Initiatives include partnering with public bathhouses amid Japan's ongoing sauna boom and collaborating with high school students to create promotional materials.
According to the Tokyo's election commission, voter turnout in the previous election in 2021 stood at 42.39%. While over 50% of voters in their 60s and older turned out, rates were much lower among younger demographics, with only 25.8% of voters in their 20s and 34.22% in their 30s casting ballots — highlighting a persistent gap in political engagement between age groups.
In an attempt to reach younger voters, the commission is collaborating with the hot spring website Nifty Onsen and the Tokyo Sento Association to raise voter awareness at 61 bathhouses across the capital.
Posters are being displayed during the campaign period, and several bathhouses are naming one of their baths 'election bath' to make people more aware of the upcoming election.
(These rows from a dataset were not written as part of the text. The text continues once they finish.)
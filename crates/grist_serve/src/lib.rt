//! Connections at one core: each line of a link is a request of its session, and what the session
//! is given goes back over the link.
//!
//! Stands on `session_gate` (turns at one machine), `bundle_core` (the core, which is the machine),
//! `io_edges` (links, lines, a buffer before what goes out), `grist_json` (requests), and for peeks
//! on `peek_lines`, `document_shot` (readers of shots) and `shot_core` (a core that publishes
//! them). For lanes, which serve connections at the same time.
//!
//! Promises: `serve_link` says, by each end, which lines came, that its pass asked for exactly what
//! they ask for, in their order and then for the end of the connection, and which bytes were
//! written of those that it was given. That holds whatever other threads do at the gate meanwhile.
//! A fault is told only where that count of this link rose; nothing is answered behind an answer
//! that closes the session. `given_law`: what a pass was given in its stretch of the history is
//! what its session is given in all of it. An answer is one write where it fits into the buffer.
//! `serve_shot_link` says the same of a connection whose lines may be peeks: each is answered in
//! its place among the others, takes no turn of its pass and adds no entry. Its answer is what the
//! session sees of the document after some history, which continues all that its reader of shots
//! took before, and has no fewer entries than the pass had seen by its last turn.
//! Not promised: that a turn is ever given, that memory or a shot is there, how many writes are
//! made.
//! Read first: specs/Turns.antt, specs/Answering.antt and specs/Link.antt, then serving.rt; for
//! peeks specs/Answered.antt, specs/Standing.antt and specs/ShotLink.antt, then shot_serving.rt.
#![tactic(auto)]

mod answering;
mod laws;
mod peeking;
mod requests;
mod sending;
mod serving;
mod shot_answering;
mod shot_asking;
mod shot_serving;

pub use laws::given_law;
pub use serving::serve_link;
pub use shot_serving::serve_shot_link;
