//! One line of a connection, answered.
ghost use Rattle.std.specs.Prelude.{◌≡◌, ◌≤◌, [], ◌∷◌, true, false, IsErrOf};
ghost use Rattle.io_edges.specs.Causes.{Rose};
ghost use Rattle.doc_model.specs.WellFormed.{asks_well_formed};
ghost use Rattle.bundle_core.specs.Core.{is_gone};
ghost use Rattle.bundle_core.specs.Machine.{event_entry};
ghost use Rattle.session_gate.specs.Gate.{IsPassOf};
ghost use Rattle.grist_serve.specs.Answering.{AnswersLine};
ghost use Rattle.grist_serve.specs.Requests.{line_entries};

use crate::requests::event_in;
use crate::sending::send_lines;
use bundle_core::{Event, Given};
use cell_types::Name;
use doc_keeper::Keeper;
use io_edges::{LineReader, Link, Outbox, SessionEnd, Sink, Source};
use session_gate::{Gate, Pass};
use std::alloc::Global;
use std::sync::Wait;
use std::thread::Threads;
use watch_box::Watcher;
use watched_core::WatchedCore;

/// The two buffers of a link: what came and was not given yet, and what waits to be written.
#[derive(Drop)]
pub(crate) struct Buffers {
    pub reader: LineReader,
    pub outbox: Outbox,
}

/// Answers the line that was read last. Says whether that closed the session.
pub(crate) fn answer<R: Threads + Wait + Sync, K: Keeper, W: Watcher, L: Link>(
    rt: &R,
    alloc: Global,
    gate: &Gate<WatchedCore<K, W>>,
    pass: &mut Pass<WatchedCore<K, W>>,
    session: &Name,
    buffers: &mut Buffers,
    link: &mut L,
) -> Result<bool, SessionEnd>
    requires pass { IsPassOf gate.now pass.old }
    requires empty { buffers.old.outbox ≡ [] }
    ensures own { IsPassOf gate.now pass.new }
    ensures answers { AnswersLine result pass.old pass.new
        (line_entries session.now buffers.old.reader.line)
        (L.written link.old) (L.written link.new) }
    ensures reader { buffers.new.reader ≡ buffers.old.reader }
    ensures empty { buffers.new.outbox ≡ [] }
    ensures left { L.left link.new ≡ L.left link.old }
    ensures read_faults { L.Source.faults link.new ≡ L.Source.faults link.old }
    ensures later { L.Sink.faults link.old ≤ L.Sink.faults link.new }
    ensures fault { IsErrOf result SessionEnd.WriteFault
        → Rose (L.Sink.faults link.old) (L.Sink.faults link.new) }
{
    match event_in(alloc, session, buffers.reader.line()) {
        Ok(Some(event)) => answer_event(rt, gate, pass, event, &mut buffers.outbox, link),
        Ok(None) => Ok(false),
        Err(_) => Err(SessionEnd::NoMemory),
    }
}

// Answers a request.
fn answer_event<R: Threads + Wait + Sync, K: Keeper, W: Watcher, O: Sink>(
    rt: &R,
    gate: &Gate<WatchedCore<K, W>>,
    pass: &mut Pass<WatchedCore<K, W>>,
    event: Event,
    outbox: &mut Outbox,
    out: &mut O,
) -> Result<bool, SessionEnd>
    requires pass { IsPassOf gate.now pass.old }
    requires stays { is_gone event.request ≡ false }
    requires well_formed { asks_well_formed event.request ≡ true }
    requires empty { outbox.old ≡ [] }
    ensures own { IsPassOf gate.now pass.new }
    ensures answers { AnswersLine result pass.old pass.new (event_entry event true ∷ [])
        (O.written out.old) (O.written out.new) }
    ensures empty { outbox.new ≡ [] }
    ensures apart { O.incoming out.new ≡ O.incoming out.old }
    ensures later { O.faults out.old ≤ O.faults out.new }
    ensures fault { IsErrOf result SessionEnd.WriteFault
        → Rose (O.faults out.old) (O.faults out.new) }
{
    match gate.call(rt, pass, event) {
        Ok(Given::Full) => Err(SessionEnd::Full),
        Ok(Given::Lines { lines, closes }) => match send_lines(outbox, out, lines.as_slice()) {
            Ok(()) => Ok(closes),
            Err(_) => Err(SessionEnd::WriteFault),
        },
        Err(_) => Err(SessionEnd::NoMemory),
    }
}
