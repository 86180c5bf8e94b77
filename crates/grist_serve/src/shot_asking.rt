//! A request asked at the gate of a core with shots, and answered.
ghost use Rattle.std.specs.Prelude.{◌≡◌, ◌≤◌, [], ◌∷◌, true, false, IfOk, OnOk, OnErr, IsErrOf};
ghost use Rattle.io_edges.specs.Causes.{Rose};
ghost use Rattle.doc_model.specs.WellFormed.{asks_well_formed};
ghost use Rattle.bundle_core.specs.Core.{is_gone};
ghost use Rattle.bundle_core.specs.Machine.{IsGiven, event_entry};
ghost use Rattle.session_gate.specs.Call.{IsCall, IsSamePass, SeesMore};
ghost use Rattle.session_gate.specs.Gate.{IsPassOf};
ghost use Rattle.grist_serve.specs.Answering.{AnswersLine};
ghost use Rattle.grist_serve.specs.Due.{IsDue, WasAnswered, has_turned};

use crate::peeking::Due;
use crate::sending::send_lines;
use bundle_core::{Event, Given};
use doc_keeper::Keeper;
use io_edges::{Outbox, SessionEnd, Sink};
use session_gate::{Gate, Pass};
use shot_core::{ShotCore, ShotOut};
use std::alloc::AllocError;
use std::sync::Wait;
use std::thread::Threads;
use watch_box::Watcher;

// Asks the core, and keeps what its turn says of the shot.
fn ask<R: Threads + Wait + Sync, K: Keeper, W: Watcher>(
    rt: &R,
    gate: &Gate<ShotCore<K, W>>,
    pass: &mut Pass<ShotCore<K, W>>,
    event: Event,
    due: &mut Due,
) -> Result<Given, AllocError>
    requires pass { IsPassOf gate.now pass.old }
    requires well_formed { asks_well_formed event.request ≡ true }
    ensures own { IsPassOf gate.now pass.new }
    ensures same { IsSamePass pass.old pass.new }
    ensures ok { IfOk result (λ given. IsCall IsGiven pass.old pass.new event given) }
    ensures turned { OnOk result (has_turned due.new ≡ true) }
    ensures due { OnOk result (IsDue due.new pass.new) }
    ensures err { OnErr result (SeesMore pass.old pass.new) }
{
    let ShotOut { given, mark } = gate.call(rt, pass, event)?;
    *due = Due::of(mark);
    Ok(given)
}

/// Answers a request.
pub(crate) fn answer_event<R: Threads + Wait + Sync, K: Keeper, W: Watcher, O: Sink>(
    rt: &R,
    gate: &Gate<ShotCore<K, W>>,
    pass: &mut Pass<ShotCore<K, W>>,
    event: Event,
    due: &mut Due,
    outbox: &mut Outbox,
    out: &mut O,
) -> Result<bool, SessionEnd>
    requires pass { IsPassOf gate.now pass.old }
    requires stays { is_gone event.request ≡ false }
    requires well_formed { asks_well_formed event.request ≡ true }
    requires empty { outbox.old ≡ [] }
    ensures own { IsPassOf gate.now pass.new }
    ensures answers { AnswersLine result pass.old pass.new (event_entry event true ∷ [])
        (O.written out.old) (O.written out.new) }
    ensures turned { WasAnswered result → has_turned due.new ≡ true }
    ensures due { OnOk result (IsDue due.new pass.new) }
    ensures empty { outbox.new ≡ [] }
    ensures apart { O.incoming out.new ≡ O.incoming out.old }
    ensures later { O.faults out.old ≤ O.faults out.new }
    ensures fault { IsErrOf result SessionEnd.WriteFault
        → Rose (O.faults out.old) (O.faults out.new) }
{
    match ask(rt, gate, pass, event, due) {
        Ok(Given::Full) => Err(SessionEnd::Full),
        Ok(Given::Lines { lines, closes }) => match send_lines(outbox, out, lines.as_slice()) {
            Ok(()) => Ok(closes),
            Err(_) => Err(SessionEnd::WriteFault),
        },
        Err(_) => Err(SessionEnd::NoMemory),
    }
}
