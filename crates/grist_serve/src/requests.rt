//! What a line of a connection asks for.
ghost use Rattle.std.specs.Prelude.{◌≡◌, true, false, IfOk, IfSome};
ghost use Rattle.doc_model.specs.WellFormed.{asks_well_formed};
ghost use Rattle.grist_json.specs.Requests.{request_at};
ghost use Rattle.bundle_core.specs.Core.{is_gone};
ghost use Rattle.grist_serve.specs.Requests.{asked_by, entries_asked, line_entries};

use bundle_core::Event;
use cell_types::Name;
use doc_model::Request;
use grist_json::{ReadFault, read_request};
use io_edges::{is_blank, is_long};
use std::alloc::{AllocError, Global};

/// The size of a line that is too long.
const LONG_LINE_BYTES: u32 = 1_048_577;

// What a line asks for that is neither blank nor too long.
fn asked_by(alloc: Global, line: &[u8]) -> Result<Request, AllocError>
    ensures request { IfOk result (λ r. r ≡ asked_by (request_at line.now)) }
    ensures stays { IfOk result (λ r. is_gone r ≡ false) }
    ensures well_formed { IfOk result (λ r. asks_well_formed r ≡ true) }
{
    match read_request(alloc, line) {
        Ok(request) => Ok(request),
        Err(ReadFault::BadLine) => Ok(Request::Bad),
        Err(ReadFault::NoMemory) => Err(AllocError),
    }
}

/// What a line of a session asks for: nothing, where it is white space alone.
pub(crate) fn event_in(
    alloc: Global,
    session: &Name,
    line: &[u8],
) -> Result<Option<Event>, AllocError>
    ensures entries { IfOk result (λ o. entries_asked o ≡ line_entries session.now line.now) }
    ensures stays { IfOk result (λ o. IfSome o (λ e. is_gone e.request ≡ false)) }
    ensures well_formed { IfOk result (λ o. IfSome o (λ e. asks_well_formed e.request ≡ true)) }
{
    if is_long(line) {
        return Ok(Some(Event {
            session: session.clone()?,
            request: Request::TooLong,
            size: LONG_LINE_BYTES,
        }));
    }
    if is_blank(line) {
        return Ok(None);
    }
    let session = session.clone()?;
    let request = asked_by(alloc, line)?;
    Ok(Some(Event {
        session,
        request,
        size: line.len() as u32,
    }))
}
'With the sauna trend, we can appeal to a wider, younger audience,' a Tokyo metropolitan government official said. 'We hope people will take a moment of relaxation to reflect on politics and the upcoming election.'
In Tokyo's Nerima Ward, local high school students helped design election-themed pocket tissue packs to be handed out at train stations and other public locations.
The Nerima municipality is the only one of Tokyo's 23 wards with a dedicated election outreach team. Its official X social media account is updated frequently. 'We aim to post at least once a day,' a Nerima government official said.
In the city of Machida in western Tokyo, officials have redesigned the birthday cards that the local government sends to residents turning 18 to inform them of their eligibility to vote as Japanese citizens. The new designs were developed with input from young people and aim to make the cards feel less stiff and formal and more accessible.
'We hope their first voting experience will lead them to vote again,' a city official said.